Division of Neurology, Department of Medicine, Faculty of Medicine and Health Sciences, Stellenbosch University, Cape Town,, South Africa.
Division of Exercise Science and Sports Medicine, Department of Human Biology, University of Cape Town, Newlands, South Africa.
Muscle Nerve. 2020 Aug;62(2):284-288. doi: 10.1002/mus.26904. Epub 2020 Jun 5.
The mechanism by which weakness develops in idiopathic inflammatory myopathies (IIMs) is still unclear. In this study we investigated the maximum force of single muscle fibers from patients with IIMs.
Permeabilized single muscle fibers from patients with IIMs and healthy controls were subjected to contractility measurements. Maximum force and specific force production (maximum force normalized to fiber size) and fiber type were determined for each isolated fiber.
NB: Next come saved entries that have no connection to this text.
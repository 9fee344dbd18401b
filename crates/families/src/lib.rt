// Families (document 01, "Distinct words and families"): which relation words the relations join, and links from each member to the next.
#![tactic(auto)]

ghost use Rattle.std.specs.Prelude.{◌≡◌};
ghost use Rattle.layout.specs.Families.{side_word_of, family_at};
ghost use Rattle.families.specs.Joining.{renamed_at, Alone, Countable, Nameable, Renamable, Renamed, SideKnown, Joinable, Joined, Groupable, Separate, AllJoined};
ghost use Rattle.families.specs.Grouping.{linked_at, Linkable, MembersUnlinked, MembersLinked, GroupsMade};

use layout::{Table, family_of, next_of, side_word};

// Each of n relation words is a family of its own, and has no next member.
#[tactic(auto, using(crate::proofs::Naming::starts))]
fn start_families(table: &mut [u16], n: usize)
    requires { Countable table.old n }
    ensures { Alone table.old n table.new }
{
    for i in 0..n {
        table[Table::FAMILY + i] = i as u16;
        table[Table::NEXT + i] = n as u16;
    }
}

// Relation word i goes over to family `low` if it is of family `high`.
#[tactic(auto, using(crate::proofs::Naming::names))]
fn rename_word(table: &mut [u16], i: usize, low: usize, high: usize)
    requires { Nameable table.old i low }
    ensures { table.new ≡ renamed_at table.old i low high }
{
    if family_of(table, i) == high {
        table[Table::FAMILY + i] = low as u16;
    }
}

// Families `low` and `high` become one. No member of a family is below its number.
#[tactic(auto, using(crate::proofs::Naming::renames))]
fn rename_family(table: &mut [u16], n: usize, low: usize, high: usize)
    requires { Renamable table.old n low high }
    ensures { Renamed table.old n low high table.new }
{
    for i in high..n {
        rename_word(table, i, low, high);
    }
}

// The family of the word of side s.
#[tactic(auto, using(crate::proofs::Joining::side_families))]
fn family_of_side(table: &[u16], s: usize) -> usize
    requires { SideKnown table.now s }
    ensures { result ≡ family_at table.now (side_word_of table.now s) }
{
    family_of(table, side_word(table, s))
}

// The families of the two words of relation r become one; where they are one, nothing is done.
#[tactic(auto, using(crate::proofs::Joining::joins))]
fn join_relation(table: &mut [u16], n: usize, r: usize)
    requires { Joinable table.old n r }
    ensures { Joined table.old n r table.new }
{
    let a = family_of_side(table, 2 * r);
    let b = family_of_side(table, 2 * r + 1);
    if a < b {
        rename_family(table, n, a, b);
        return;
    }
    if b < a {
        rename_family(table, n, b, a);
    }
}

// Makes one of the families of the two words of each relation.
#[tactic(auto, using(crate::proofs::Joining::gathers))]
fn join_relations(table: &mut [u16], n: usize, relations: usize)
    requires { Separate table.old n relations }
    ensures { AllJoined table.old n relations table.new }
{
    for r in 0..relations {
        join_relation(table, n, r);
    }
}

// Links relation word i, below which no word is linked. Until a family's lowest member is reached, its link leads to the lowest that was.
#[tactic(auto, using(crate::proofs::Linking::stores))]
fn link_word(table: &mut [u16], i: usize)
    requires { Linkable table.old i }
    ensures { table.new ≡ linked_at table.old i }
{
    let family = family_of(table, i);
    let next = next_of(table, family);
    table[Table::NEXT + family] = i as u16;
    table[Table::NEXT + i] = next as u16;
}

// Links each member of a family to the next.
#[tactic(auto, using(crate::proofs::Linking::linkings))]
fn link_members(table: &mut [u16], n: usize)
    requires { MembersUnlinked table.old n }
    ensures { MembersLinked table.old n table.new }
{
    for i in (0..n).rev() {
        link_word(table, i);
    }
}

// Writes the families of n relation words and the links of their members; positions, cuts, numbers of pieces, sides and index are kept.
#[tactic(auto, using(crate::proofs::Linking::groups))]
pub fn group(table: &mut [u16], n: usize, relations: usize)
    requires { Groupable table.old n relations }
    ensures { GroupsMade table.old n relations table.new }
{
    start_families(table, n);
    join_relations(table, n, relations);
    link_members(table, n);
}
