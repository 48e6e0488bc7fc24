//! The program `mapf`: gives the words of the command line to `mapf_cmd`, with the files and
//! streams of the system.
#![tactic(auto)]

use mapf_cmd::{LineFault, Screen, Style, refuse, run};
use std::alloc::Global;
use std::env::VarError;
use std::io::{ErrorKind, IsTerminal};
use std::process::ExitCode;
use std::{env, io};
use text_io::Counted;

const NOT_TEXT: &str =
    "error: a word of the command line is not UTF-8\n\nFor more information, try '--help'.\n";

fn main(rt: HostRuntime) -> ExitCode {
    let mut input = Counted::new(rt.stdin());
    let mut out = Counted::new(rt.stdout());
    let mut err = Counted::new(rt.stderr());
    let status = match words(&rt) {
        Ok(words) => run(
            &rt,
            words.as_slice(),
            screen(&rt),
            &mut input,
            &mut out,
            &mut err,
        ),
        Err(fault) => refuse(fault, &mut out, &mut err),
    };
    ExitCode::from(status)
}

/// The words of the command line, the program's name first. Words that are no text are a bad
/// command line.
fn words(rt: &HostRuntime) -> Result<Vec<String>, LineFault> {
    match env::args(rt) {
        Ok(words) => Ok(words.collect(rt.alloc())?),
        Err(e) => Err(fault_of(rt.alloc(), e)),
    }
}

fn screen(rt: &HostRuntime) -> Screen {
    Screen {
        style: style(rt),
        // On a terminal that gets the rows too, progress would stand between them.
        is_watched: rt.stderr().is_terminal() && !rt.stdout().is_terminal(),
    }
}

/// Colour is for terminals that can show it, and for people who did not ask for none.
fn style(rt: &HostRuntime) -> Style {
    if rt.stderr().is_terminal() && !is_colour_refused(rt) {
        Style::Coloured
    } else {
        Style::Plain
    }
}

/// Whether `NO_COLOR` is set to anything but nothing, or `TERM` names a terminal that shows none.
fn is_colour_refused(rt: &HostRuntime) -> bool {
    let is_unwanted = match env::var(rt, "NO_COLOR") {
        Ok(value) => !value.is_empty(),
        Err(fault) => fault != VarError::NotPresent,
    };
    is_unwanted || matches!(env::var(rt, "TERM"), Ok(term) if term.as_str() == "dumb")
}

fn fault_of(alloc: Global, e: io::Error) -> LineFault {
    match e.kind() {
        ErrorKind::OutOfMemory => LineFault::OutOfMemory,
        _ => LineFault::bad_command(alloc, NOT_TEXT),
    }
}
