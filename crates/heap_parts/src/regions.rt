//! The operations on regions.
ghost use Rattle.graph_meaning.specs.declared.event.Event.TheVariants.{StartRegion, AssertAllDead};
ghost use Rattle.heap_parts.specs.Parts.{Steps};

use crate::parts::HeapParts;
use graph_meaning::Stop;
use heap_base::ThreadNo;

impl HeapParts {
    /// A region of the thread begins.
    pub(crate) fn start_region(&mut self, thread: ThreadNo) -> Result<(), Stop>
        ensures { Steps self.old (StartRegion thread) result self.new }
    {
        self.regions.start(thread)
    }

    /// The innermost region of the thread ends, and its objects are asserted dead: those that were in a region inside it are so
    /// already. The region ends last, since that takes no memory.
    pub(crate) fn assert_all_dead(&mut self, thread: ThreadNo) -> Result<(), Stop>
        ensures { Steps self.old (AssertAllDead thread) result self.new }
    {
        let unasserted = self.regions.unasserted(thread)?;
        self.registry.assert_dead_all(unasserted)?;
        Ok(self.regions.finish(thread)?)
    }
}
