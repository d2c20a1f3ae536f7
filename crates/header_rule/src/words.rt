ghost use Rattle.std.specs.Prelude.{◌≡◌, ◌+◌};
ghost use Rattle.header_rule.specs.Stores.{many_words};

use crate::store::WordStore;

/// The header words after the last meet. Contracts see how many cells there are, and the word of each.
#[derive(Drop)]
pub struct Words {
    pub(crate) store: WordStore,
    pub(crate) cells: u32,
    ghost sized: { many_words store ≡ cells + 1 },
}
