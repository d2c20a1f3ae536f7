ghost use Rattle.std.specs.Prelude.{◌≡◌, ◌+◌, ◌^◌, ◌<◌, [], length};
ghost use Rattle.header_rule.specs.Reaches.{view_of, slots_of};
ghost use Rattle.header_rule.specs.Shares.{share};

use crate::reach::Reach;

/// What a worker meets cells with. Contracts see its number, how many meets are left to it, and what it met:
/// its adds, its wins and its marks, in order.
#[derive(Drop)]
pub struct Pass {
    pub(crate) reach: Reach,
    pub(crate) number: u32,
    // How many passes were made with its headers.
    pub(crate) workers: u32,
    pub(crate) left: u64,
    ghost room: { left + length (view_of reach).adds ≡ 2 ^ 51 },
    ghost rights: { (view_of reach).rights ≡ share workers number },
    ghost allowed: { 0 < (view_of reach).rights },
    ghost slotless: { slots_of reach ≡ [] },
}

impl Pass {
    /// Its number among the passes of its headers, counted from 0.
    pub fn number(&self) -> u32
        ensures { result ≡ self.now.number }
    {
        self.number
    }

    /// How many meets are left to it: 2^51 before the first.
    pub fn left(&self) -> u64
        ensures { result ≡ self.now.left }
    {
        self.left
    }
}
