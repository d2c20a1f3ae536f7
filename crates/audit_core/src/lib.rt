//! The auditor: a heap with its assertions, and the collections that check them. A crew of workers marks the heap, and what it
//! marked decides the verdicts. How an operation changes the heap is in `heap_parts`.
#![tactic(auto)]

mod auditor;
mod collecting;
mod counted;
mod doubts;
mod ownership;
mod verdict_lists;

pub use auditor::{Auditor, AuditorRules};
pub use collecting::WorkerCost;
pub use heap_marking::{Kit, Traced, trace};
pub use verdict_list::OwnershipCheck;
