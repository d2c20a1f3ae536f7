//! A meet, and a look ahead of it.
ghost use Rattle.std.specs.Prelude.{◌≡◌, ◌+◌, ◌<◌, [], ◌∷◌, ◌++◌, if◌then◌else◌};
ghost use Rattle.heap_base.specs.Counting.{IsOnce};
ghost use Rattle.header_rule.specs.Passes.{adds, wins, marks, IsPassOf, IsAsBefore, marks_at, are_shared};

use crate::headers::Headers;
use crate::mark::Marks;
use crate::pass::Pass;
use crate::reach::Reach;

impl Headers {
    /// Whether several passes may reach the words, so that each meet is one atomic step and waits for its word by itself.
    #[inline]
    pub fn are_shared(&self) -> bool
        ensures { result ≡ are_shared self.now }
    {
        self.shared.is_some()
    }

    /// Looks at the word of a cell and changes nothing, where the words are shared: a meet that comes soon finds the word at hand,
    /// since looks overlap with one another. Where they aren't, meets overlap too, and nothing is looked at.
    #[inline]
    pub fn prefetch(&self, pass: &mut Pass, cell: u32)
        requires cell { cell < self.now.cells }
        requires pass { IsPassOf self.now pass.old }
        ensures pass { IsPassOf self.now pass.new }
        ensures same { IsAsBefore pass.old pass.new }
    {
        if let Reach::Table(seat) = &mut pass.reach {
            let Some(shared) = &self.shared else {
                unreachable!()
            };
            shared.prefetch(seat, cell);
        }
    }

    /// Meets a cell: adds 1 to its count and sets the marks that are given. Answers true exactly where this add
    /// found the count 0, so that of all the meets of a cell, by whatever passes, one answers true. It takes no
    /// memory, and waits for nobody.
    #[inline]
    pub fn meet(&self, pass: &mut Pass, cell: u32, given: Marks) -> bool
        requires cell { cell < self.now.cells }
        requires pass { IsPassOf self.now pass.old }
        requires left { 0 < pass.old.left }
        ensures pass { IsPassOf self.now pass.new }
        ensures number { pass.new.number ≡ pass.old.number }
        ensures left { pass.new.left + 1 ≡ pass.old.left }
        ensures adds { adds pass.new ≡ adds pass.old ++ cell ∷ [] }
        ensures wins { wins pass.new ≡ (if result then wins pass.old ++ cell ∷ [] else wins pass.old) }
        ensures marks { marks pass.new ≡ marks pass.old ++ marks_at cell given }
        ensures once { IsOnce (wins pass.new) }
    {
        let won = match &mut pass.reach {
            Reach::Table(seat) => {
                let Some(shared) = &self.shared else {
                    unreachable!()
                };
                shared.meet(seat, cell, given)
            }
            Reach::Own(own) => own.meet(cell, given),
        };
        pass.left -= 1;
        won
    }
}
A total of 178 fibers were studied from five patients with IIMs and 95 fibers from four controls. Specific force production was significantly lower in the IIM group for all fiber types.
The findings from this exploratory study suggest that weakness in IIMs may, in part, be caused by dysfunction of the contractile apparatus. These findings provide a basis for further studies into the mechanisms underlying weakness in IIMs.
特发性炎性肌病(IIM)中出现无力的机制仍不清楚。本研究中我们检测了特发性炎性肌病患者的单条肌纤维的最大力。
对特发性炎性肌病患者和健康对照者的经通透处理的单条肌纤维进行收缩力测量。对每条分离纤维测定最大力和比力(最大力除以纤维大小)及纤维类型。
共研究了 5 例特发性炎性肌病患者的 178 条纤维和 4 例对照者的 95 条纤维。所有纤维类型中,特发性炎性肌病组的比力产生均显著降低。
该探索性研究的结果提示,特发性炎性肌病中的无力可能部分由收缩装置的功能障碍所致。这些发现为进一步研究特发性炎性肌病中无力的机制提供了基础。